„Warum ER lieber im Knast sitzt, als GEZ zu zahlen“ – so hat die „Bild“ schon Mitte Mai über den Fall Georg Thiel berichtet. Die Berichterstattung fügt sich ein in eine ganze Reihe von „Bild“-Artikeln in den vergangenen Wochen, die sich kritisch mit den öffentlich-rechtlichen Medien und dem Auftreten ihrer Vertreter auseinandersetzen – ob in Fernseh- oder Social-Media-Beiträgen.
Angriffsfläche haben die Öffentlich-Rechtlichen zuletzt tatsächlich ausreichend geliefert; die Hauptvorwürfe an sie lauten nun: „Belehrung“ (etwa durch Moderatoren, die „gendern“, also auch die weibliche Form nach einer Pause mitsprechen); teils zu unkritische Haltung gegenüber der Bundesregierung bei den Coronamaßnahmen; teils zu große Nähe zu den Grünen; teils Verharmlosung der antisemitischen Demonstrationen hierzulande und Parteinahme für die Palästinenser im Nahostkonflikt.
Neu sind kritische Töne gegenüber ARD und ZDF bei „Bild“ natürlich nicht – neu sind aber die Interessen, die „Bild“ selbst in Sachen Fernsehen verfolgt. Und durch die die „GEZ-Kritik“ eine neue Dimension bekommt. So hat sich das gestreamte „Bild TV“ schon seit längerem im Internet etabliert; weniger mit buntem Boulevard – sondern mit topaktueller, bestens informierter politischer Berichterstattung. Im „Bild“-Stil, ja – aber mit deutlich schnellerer Reaktionsfähigkeit als bei anderen Sendern.

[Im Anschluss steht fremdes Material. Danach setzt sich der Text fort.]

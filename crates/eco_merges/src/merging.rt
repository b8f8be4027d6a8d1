//! Stages that are done by whoever does commands.
ghost use Rattle.std.specs.Prelude.{◌≡◌, ◌+◌, ◌-◌, ◌≤◌, ◌<◌, ◌++◌, ◌∷◌, [], All, drop, length, map, option_copied};
ghost use Rattle.std.specs.Prelude.{take, IfOk, IsTrue, OnErr};
ghost use Rattle.eco_ids.specs.Run.{Create, Add, Remove, Clear, Rename, Delete, DeleteWith, RemoveAll};
ghost use Rattle.eco_ids.specs.World.{WorldState};
ghost use Rattle.eco_stages.specs.Merging.{all_commands, has_commands, AreDone, IsApplied};
ghost use Rattle.eco_stages.specs.Recorded.{SpeaksOfKept, commands_at, commands_of, in_turn, set_of_run, sets_of};
ghost use Rattle.eco_stages.specs.declared.recorded.TheConstants.{MOST_IN_TURN};

use crate::laws::commands_are_done_in_turn;
use eco_ids::{Entity, Id, Refusal};
use eco_stages::{Kept, Outcomes, Recorded, RunSet, Stage, Width};
use std::alloc::{AllocError, Global};

/// Whoever does commands: a world, into which stages are merged (Flecs manual, Systems, staging). Each is done, or refused
/// as the call of a world is that it stands for; a refused one changes nothing.
pub trait MergeTarget {
    // The world as definitions have it.
    ghost world: { Self → WorldState };

    /// [`eco_stages::Command::Create`].
    fn apply_create(&mut self, entity: Entity) -> Result<(), Refusal>
        ensures { IsApplied (Create entity) (world self.old) result (world self.new) };

    /// [`eco_stages::Command::Add`].
    fn apply_add(&mut self, entity: Entity, id: Id) -> Result<(), Refusal>
        ensures { IsApplied (Add entity id) (world self.old) result (world self.new) };

    /// [`eco_stages::Command::Remove`].
    fn apply_remove(&mut self, entity: Entity, id: Id) -> Result<(), Refusal>
        ensures { IsApplied (Remove entity id) (world self.old) result (world self.new) };

    /// [`eco_stages::Command::Clear`].
    fn apply_clear(&mut self, entity: Entity) -> Result<(), Refusal>
        ensures { IsApplied (Clear entity) (world self.old) result (world self.new) };

    /// [`eco_stages::Command::Rename`].
    fn apply_rename(&mut self, entity: Entity, name: Option<&str>) -> Result<(), Refusal>
        ensures { IsApplied (Rename entity (option_copied name.entry)) (world self.old) result
            (world self.new) };

    /// [`eco_stages::Command::Delete`].
    fn apply_delete(&mut self, entity: Entity) -> Result<(), Refusal>
        ensures { IsApplied (Delete entity) (world self.old) result (world self.new) };

    /// [`eco_stages::Command::DeleteWith`].
    fn apply_delete_with(&mut self, id: Id) -> Result<(), Refusal>
        ensures { IsApplied (DeleteWith id) (world self.old) result (world self.new) };

    /// [`eco_stages::Command::RemoveAll`].
    fn apply_remove_all(&mut self, id: Id) -> Result<(), Refusal>
        ensures { IsApplied (RemoveAll id) (world self.old) result (world self.new) };

    /// A run of sets of the id is done, one after another, and their outcomes appended: so what is known of the id serves
    /// for all of them. Their values have one field.
    fn apply_ones(&mut self, id: Id, sets: &[RunSet<1>], outcomes: &mut Outcomes)
        requires { length outcomes.old.outcomes + length sets.now ≤ outcomes.old.room }
        ensures { AreDone (world self.old) (map (set_of_run id) sets.now)
            outcomes.old outcomes.new (world self.new) };

    /// The same of values of three fields.
    fn apply_threes(&mut self, id: Id, sets: &[RunSet<3>], outcomes: &mut Outcomes)
        requires { length outcomes.old.outcomes + length sets.now ≤ outcomes.old.room }
        ensures { AreDone (world self.old) (map (set_of_run id) sets.now)
            outcomes.old outcomes.new (world self.new) };

    /// The same of values of eight fields.
    fn apply_eights(&mut self, id: Id, sets: &[RunSet<8>], outcomes: &mut Outcomes)
        requires { length outcomes.old.outcomes + length sets.now ≤ outcomes.old.room }
        ensures { AreDone (world self.old) (map (set_of_run id) sets.now)
            outcomes.old outcomes.new (world self.new) };

    /// A run of sets of these ids in turn is done, one after another, and their outcomes appended. Their values have one field.
    fn apply_ones_in_turn(&mut self, ids: &[Id], sets: &[RunSet<1>], outcomes: &mut Outcomes)
        requires ids { (0 < length ids.now) × (length ids.now ≤ MOST_IN_TURN) }
        requires room { length outcomes.old.outcomes + length sets.now ≤ outcomes.old.room }
        ensures { AreDone (world self.old) (in_turn ids.now 0 sets.now)
            outcomes.old outcomes.new (world self.new) };

    /// The same of values of three fields.
    fn apply_threes_in_turn(&mut self, ids: &[Id], sets: &[RunSet<3>], outcomes: &mut Outcomes)
        requires ids { (0 < length ids.now) × (length ids.now ≤ MOST_IN_TURN) }
        requires room { length outcomes.old.outcomes + length sets.now ≤ outcomes.old.room }
        ensures { AreDone (world self.old) (in_turn ids.now 0 sets.now)
            outcomes.old outcomes.new (world self.new) };

    /// The same of values of eight fields.
    fn apply_eights_in_turn(&mut self, ids: &[Id], sets: &[RunSet<8>], outcomes: &mut Outcomes)
        requires ids { (0 < length ids.now) × (length ids.now ≤ MOST_IN_TURN) }
        requires room { length outcomes.old.outcomes + length sets.now ≤ outcomes.old.room }
        ensures { AreDone (world self.old) (in_turn ids.now 0 sets.now)
            outcomes.old outcomes.new (world self.new) };
}

// The sets of this width from a place on to another, all of the id, are done, and their outcomes appended.
#[inline(always)]
fn apply_run<W: MergeTarget>(
    world: &mut W,
    width: Width,
    id: Id,
    first: usize,
    end: usize,
    kept: &Kept,
    outcomes: &mut Outcomes,
)
    requires places { (first ≤ end) × (end ≤ length (sets_of width kept.now)) }
    requires room { length outcomes.old.outcomes + (end - first) ≤ outcomes.old.room }
    ensures { AreDone (W.world world.old)
        (map (set_of_run id) (take (end - first) (drop first (sets_of width kept.now))))
        outcomes.old outcomes.new (W.world world.new) }
{
    match width {
        Width::One => world.apply_ones(id, &kept.ones[first..end], outcomes),
        Width::Three => world.apply_threes(id, &kept.threes[first..end], outcomes),
        Width::Eight => world.apply_eights(id, &kept.eights[first..end], outcomes),
    }
}

// The sets of this width from a place on to another, of these ids in turn, are done, and their outcomes appended.
#[inline(always)]
fn apply_turns<W: MergeTarget>(
    world: &mut W,
    width: Width,
    ids: &[Id],
    first: usize,
    end: usize,
    kept: &Kept,
    outcomes: &mut Outcomes,
)
    requires ids { (0 < length ids.now) × (length ids.now ≤ MOST_IN_TURN) }
    requires places { (first ≤ end) × (end ≤ length (sets_of width kept.now)) }
    requires room { length outcomes.old.outcomes + (end - first) ≤ outcomes.old.room }
    ensures { AreDone (W.world world.old)
        (in_turn ids.now 0 (take (end - first) (drop first (sets_of width kept.now))))
        outcomes.old outcomes.new (W.world world.new) }
{
    match width {
        Width::One => world.apply_ones_in_turn(ids, &kept.ones[first..end], outcomes),
        Width::Three => world.apply_threes_in_turn(ids, &kept.threes[first..end], outcomes),
        Width::Eight => world.apply_eights_in_turn(ids, &kept.eights[first..end], outcomes),
    }
}

// What `apply` does, also with a command that is rare in long stages. Apart, so that what these keep takes no room where
// entities come and get ids. Each outcome is appended where it comes: to hand it on would copy it.
#[inline(never)]
fn apply_rest<W: MergeTarget>(
    world: &mut W,
    command: &Recorded,
    kept: &Kept,
    outcomes: &mut Outcomes,
)
    requires kept { SpeaksOfKept kept.now command.now }
    requires room { length outcomes.old.outcomes + length (commands_at kept.now command.now)
        ≤ outcomes.old.room }
    ensures { AreDone (W.world world.old) (commands_at kept.now command.now)
        outcomes.old outcomes.new (W.world world.new) }
{
    commands_are_done_in_turn();
    match command {
        Recorded::Create(entity) => outcomes.push(world.apply_create(*entity)),
        Recorded::Add(entity, id) => outcomes.push(world.apply_add(*entity, *id)),
        Recorded::Remove(entity, id) => outcomes.push(world.apply_remove(*entity, *id)),
        Recorded::Set {
            width,
            count,
            id,
            first,
        } => {
            let end = *first + *count as usize;
            apply_run(world, *width, *id, *first, end, kept, outcomes);
        }
        Recorded::Turns {
            width,
            count,
            turns,
            ids,
            first,
            ..
        } => {
            let ids = &kept.ids[*ids..*ids + *turns as usize];
            let end = *first + *count as usize;
            apply_turns(world, *width, ids, *first, end, kept, outcomes);
        }
        Recorded::Clear(entity) => outcomes.push(world.apply_clear(*entity)),
        Recorded::Rename(entity, place) => {
            let name = kept.names[*place].as_deref();
            outcomes.push(world.apply_rename(*entity, name));
        }
        Recorded::Delete(entity) => outcomes.push(world.apply_delete(*entity)),
        Recorded::DeleteWith(id) => outcomes.push(world.apply_delete_with(*id)),
        Recorded::RemoveAll(id) => outcomes.push(world.apply_remove_all(*id)),
    }
}

// What is recorded is done, and its outcomes appended.
#[inline(always)]
fn apply<W: MergeTarget>(world: &mut W, command: &Recorded, kept: &Kept, outcomes: &mut Outcomes)
    requires kept { SpeaksOfKept kept.now command.now }
    requires room { length outcomes.old.outcomes + length (commands_at kept.now command.now)
        ≤ outcomes.old.room }
    ensures { AreDone (W.world world.old) (commands_at kept.now command.now)
        outcomes.old outcomes.new (W.world world.new) }
{
    commands_are_done_in_turn();
    match command {
        Recorded::Create(entity) => outcomes.push(world.apply_create(*entity)),
        Recorded::Add(entity, id) => outcomes.push(world.apply_add(*entity, *id)),
        _ => apply_rest(world, command, kept, outcomes),
    }
}

// The commands are done, one after another, and their outcomes appended.
fn apply_each<W: MergeTarget>(
    world: &mut W,
    commands: &[Recorded],
    kept: &Kept,
    outcomes: &mut Outcomes,
)
    requires kept { All (SpeaksOfKept kept.now) commands.now }
    requires room { length outcomes.old.outcomes + length (commands_of kept.now commands.now)
        ≤ outcomes.old.room }
    ensures { AreDone (W.world world.old) (commands_of kept.now commands.now) outcomes.old outcomes.new
        (W.world world.new) }
{
    eco_ids::laws::runs_keep_lawful();
    for command in commands {
        apply(world, command, kept, outcomes);
    }
}

/// The commands of all stages are done, stage by stage and each stage in its order, and their outcomes appended. Each is done
/// or refused on the world that the commands before it leave (Flecs manual, Systems, staging).
pub fn apply_stages<W: MergeTarget>(world: &mut W, stages: &[Stage], outcomes: &mut Outcomes)
    requires { length outcomes.old.outcomes + length (all_commands stages.now) ≤ outcomes.old.room }
    ensures { AreDone (W.world world.old) (all_commands stages.now) outcomes.old outcomes.new
        (W.world world.new) }
{
    eco_ids::laws::runs_keep_lawful();
    for stage in stages {
        let (commands, kept) = stage.recorded();
        apply_each(world, commands, kept, outcomes);
    }
}

/// Room for an outcome of each command. An `Err` comes where memory is refused, and never where there is no command.
pub fn room_for(alloc: Global, stages: &[Stage]) -> Result<Outcomes, AllocError>
    ensures none { IfOk result (λ o. o.outcomes ≡ []) }
    ensures room { IfOk result (λ o. length (all_commands stages.now) ≤ o.room) }
    ensures err { OnErr result (IsTrue (has_commands (all_commands stages.now))) }
{
    // So many that they can't be counted have no room either.
    let mut count: usize = 0;
    for stage in stages {
        count = count.saturating_add(stage.len());
    }
    Outcomes::with_room(alloc, count)
}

Noch vor der Bundestagswahl will „Bild“ nun auch ins „normale“ Fernsehen, eine entsprechende Sendelizenz ist beantragt, wie der Axel-Springer-Medienkonzern im April mitgeteilt hat. Kern soll ein am Vormittag beginnendes Live-Programm von täglich bis zu sechs Stunden sein. Ziel ist laut „Bild“-Chefredakteur Julian Reichelt, Fernsehen zu machen, „das Menschen nicht belehrt, sondern zeigt, was ist“. Programmchef des Senders wird Claus Strunz, Mitglied der „Bild“-Chefredaktion.